> Records to process
....................

//! All the bytes of a source.
ghost use Rattle.std.specs.Prelude.{◌≡◌, ◌≢◌, ℕ, ◌+◌, ◌<◌, ◌≤◌, List, Option, length, vec_len, IfOk, OnOk, IfErr, OnErr, Err};
ghost use Rattle.std.specs.Io.KnownBytes.{Consumes, IsAtEnd};
ghost use Rattle.shen_base.specs.Count.{Rose, raised};
ghost use Rattle.trace_reading.specs.Grammar.{most_bytes, Came};
ghost use Rattle.trace_reading.specs.declared.why.Why.{Why};
ghost use Rattle.trace_reading.specs.Calls.{HasFewCalls};
ghost use Rattle.trace_reading.specs.Faults.{IsReadingFault};

use crate::fault::TraceFault;
use shen_base::Source;
use std::alloc::Global;

/// The most bytes of a trace.
const MOST_BYTES: usize = 16_777_216;

/// The bytes that are asked for in one call.
const BLOCK: usize = 65_536;

/// So many bytes to read into.
fn room_for(alloc: Global, bytes: usize) -> Result<Vec<u8>, TraceFault>
    ensures size { IfOk result (λ room. vec_len room ≡ bytes) }
    ensures err { IfErr result (λ fault. fault ≡ TraceFault.NoMemory) }
{
    match vec![in alloc; 0; bytes] {
        Ok(room) => Ok(room),
        Err(_) => Err(TraceFault::NoMemory),
    }
}

/// One reading call: adds the next bytes at the end, and returns how many. None is the end of the source.
fn read_piece<S: Source>(
    source: &mut S,
    piece: &mut [u8],
    bytes: &mut Vec<u8>,
) -> Result<usize, TraceFault>
    ensures taken { OnOk result ((first : Option (List ℕ)) →
        Consumes first (S.left source.old) bytes.old.items → Consumes first (S.left source.new) bytes.new.items) }
    ensures count { IfOk result (λ count. (count ≤ length piece.old) × (vec_len bytes.new ≡ vec_len bytes.old + count)) }
    ensures at_end { IfOk result (λ count. count ≡ 0 → 0 < length piece.old → IsAtEnd (S.left source.new)) }
    ensures fault { IfErr result IsReadingFault }
    ensures read_fault { result ≡ Err TraceFault.ReadFault → Rose (S.faults source.old) (S.faults source.new) }
    ensures faults_never_fall { S.faults source.old ≤ S.faults source.new }
    ensures one_call { S.calls source.new ≡ raised (S.calls source.old) }

    // What was taken, also where there was no memory to keep it.
    ensures took { OnErr result ((first : Option (List ℕ)) → Consumes first (S.left source.old) bytes.old.items
        → (all : List ℕ) × Consumes first (S.left source.new) all × (length bytes.old.items ≤ length all) × (length all ≤ length bytes.old.items + length piece.old)) }
{
    let count = match source.read(piece) {
        Ok(count) => count,
        Err(_) => return Err(TraceFault::ReadFault),
    };
    match bytes.extend_from_slice(&piece[..count]) {
        Ok(()) => Ok(count),
        Err(_) => Err(TraceFault::NoMemory),
    }
}

/// Reads to the end of the source, or until one byte more came than a trace may have. Each call but the last gives at
/// least one byte.
pub fn all_bytes<S: Source>(alloc: Global, source: &mut S) -> Result<Vec<u8>, TraceFault>
    ensures ok { IfOk result (λ bytes. Came (S.left source.old) (S.left source.new) bytes.items × (length bytes.items ≤ most_bytes)) }
    ensures too_long { (byte_count : ℕ) → result ≡ Err (TraceFault.TooLong byte_count) → (byte_count ≡ most_bytes + 1)
        × ((bytes : List ℕ) × Consumes (S.left source.old) (S.left source.new) bytes × (length bytes ≡ most_bytes + 1)) }
    ensures read_fault { result ≡ Err TraceFault.ReadFault → Rose (S.faults source.old) (S.faults source.new) }
    ensures no_bad_line { (line_number : ℕ) (why : Why) → result ≢ Err (TraceFault.BadLine line_number why) }
    ensures faults_never_fall { S.faults source.old ≤ S.faults source.new }
    ensures few_calls { HasFewCalls (S.left source.old) (S.left source.new) (S.calls source.old) (S.calls source.new) }
{
    let mut block = room_for(alloc, BLOCK)?;
    let mut bytes = Vec::new(alloc);
    'pieces: while bytes.len() <= MOST_BYTES {
        let room = block.len().min(MOST_BYTES + 1 - bytes.len());
        let count = read_piece(source, &mut block[..room], &mut bytes)?;
        if count == 0 {
            return Ok(bytes);
        }
    }
    Err(TraceFault::TooLong {
        bytes: MOST_BYTES as u64 + 1,
    })
}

....................

> Work request
Lines with the word "IsReadingFault": copy each one from the data above.

> Answer area
ghost use Rattle.trace_reading.specs.Faults.{IsReadingFault};
    ensures fault { IfErr result IsReadingFault }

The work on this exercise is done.